**The task**. Each line below must be transcribed with no word changed.

**Data records**.
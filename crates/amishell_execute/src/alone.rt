//! Lines that run alone: those that bring in what is in a shared folder.
ghost use Rattle.std.specs.Prelude.{◌≡◌, IsOk, OnOk};
ghost use Rattle.ados_launch.specs.{Agreement.{Agrees, IsOpenTable}, Deeds.{RunsLines}};

use crate::faults::Fault;
use ados_launch::{Launcher, Session, SystemEnd, SystemFault, system};
use ados_text::Text;
use ados_world::World;
use std::alloc::Global;

// The most events that a line takes which brings something in: the longest file comes in 16,384 pieces.
const EVENTS: u64 = 16_500;

/// Runs lines in order, each alone in a shell of its own.
pub fn run_lines<L: Launcher>(
    alloc: Global,
    world: &mut World,
    lines: &[Text],
    launcher: &mut L,
    session: &mut Session<'_>,
) -> Result<(), Fault>
    requires agrees { Agrees world.old (L.calls launcher.old) }
    requires children { IsOpenTable session.old.children (L.calls launcher.old) }
    ensures agrees { OnOk result (Agrees world.new (L.calls launcher.new)) }
    ensures children { IsOpenTable session.new.children (L.calls launcher.new) }
    ensures schedule { session.new.schedule ≡ session.old.schedule }
    ensures held { session.new.held ≡ session.old.held }
    ensures gathered { session.new.gathered ≡ session.old.gathered }
    ensures ran { RunsLines world.old world.new }
{
    for line in lines {
        run_alone(alloc, world, line, launcher, session)?;
    }
    Ok(())
}

// Runs a line alone, whose output is ignored. If no shell is free it is not run. However it ends, the session then knows which
// programs are open.
fn run_alone<L: Launcher>(
    alloc: Global,
    world: &mut World,
    line: &Text,
    launcher: &mut L,
    session: &mut Session<'_>,
) -> Result<(), Fault>
    requires agrees { Agrees world.old (L.calls launcher.old) }
    ensures agrees { OnOk result (Agrees world.new (L.calls launcher.new)) }
    ensures children { IsOpenTable session.new.children (L.calls launcher.new) }
    ensures schedule { session.new.schedule ≡ session.old.schedule }
    ensures held { session.new.held ≡ session.old.held }
    ensures gathered { session.new.gathered ≡ session.old.gathered }
    ensures ran { RunsLines world.old world.new }
{
    let mut printed = Vec::new(alloc);
    let ran = system(alloc, world, line, launcher, EVENTS, &mut printed);
    session.look(world, &ran);
    outcome(&ran)
}

// The result of a line that ran alone.
fn outcome(ran: &Result<SystemEnd, SystemFault>) -> Result<(), Fault>
    ensures { OnOk result (IsOk ran.now) }
{
    match ran {
        Ok(SystemEnd::Ended(_) | SystemEnd::NoShell) => Ok(()),
        Ok(SystemEnd::StillRunning(_)) => Err(Fault::NotBrought),
        Err(_) => Err(Fault::Memory),
    }
}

**Response for this exercise**.
filename crates/amishell_execute/src/alone.rt
//! Lines that run alone: those that bring in what is in a shared folder.
ghost use Rattle.std.specs.Prelude.{◌≡◌, IsOk, OnOk};
ghost use Rattle.ados_launch.specs.{Agreement.{Agrees, IsOpenTable}, Deeds.{RunsLines}};

use crate::faults::Fault;
use ados_launch::{Launcher, Session, SystemEnd, SystemFault, system};
use ados_text::Text;
use ados_world::World;
use std::alloc::Global;

// The most events that a line takes which brings something in: the longest file comes in 16,384 pieces.
const EVENTS: u64 = 16_500;

/// Runs lines in order, each alone in a shell of its own.
pub fn run_lines<L: Launcher>(
    alloc: Global,
    world: &mut World,
    lines: &[Text],
    launcher: &mut L,
    session: &mut Session<'_>,
) -> Result<(), Fault>
    requires agrees { Agrees world.old (L.calls launcher.old) }
    requires children { IsOpenTable session.old.children (L.calls launcher.old) }
    ensures agrees { OnOk result (Agrees world.new (L.calls launcher.new)) }
    ensures children { IsOpenTable session.new.children (L.calls launcher.new) }
    ensures schedule { session.new.schedule ≡ session.old.schedule }
    ensures held { session.new.held ≡ session.old.held }
    ensures gathered { session.new.gathered ≡ session.old.gathered }
    ensures ran { RunsLines world.old world.new }
{
    for line in lines {
        run_alone(alloc, world, line, launcher, session)?;
    }
    Ok(())
}

// Runs a line alone, whose output is ignored. If no shell is free it is not run. However it ends, the session then knows which
// programs are open.
fn run_alone<L: Launcher>(
    alloc: Global,
    world: &mut World,
    line: &Text,
    launcher: &mut L,
    session: &mut Session<'_>,
) -> Result<(), Fault>
    requires agrees { Agrees world.old (L.calls launcher.old) }
    ensures agrees { OnOk result (Agrees world.new (L.calls launcher.new)) }
    ensures children { IsOpenTable session.new.children (L.calls launcher.new) }
    ensures schedule { session.new.schedule ≡ session.old.schedule }
    ensures held { session.new.held ≡ session.old.held }
    ensures gathered { session.new.gathered ≡ session.old.gathered }
    ensures ran { RunsLines world.old world.new }
{
    let mut printed = Vec::new(alloc);
    let ran = system(alloc, world, line, launcher, EVENTS, &mut printed);
    session.look(world, &ran);
    outcome(&ran)
}

// The result of a line that ran alone.
fn outcome(ran: &Result<SystemEnd, SystemFault>) -> Result<(), Fault>
    ensures { OnOk result (IsOk ran.now) }
{
    match ran {
        Ok(SystemEnd::Ended(_) | SystemEnd::NoShell) => Ok(()),
        Ok(SystemEnd::StillRunning(_)) => Err(Fault::NotBrought),
        Err(_) => Err(Fault::Memory),
    }
}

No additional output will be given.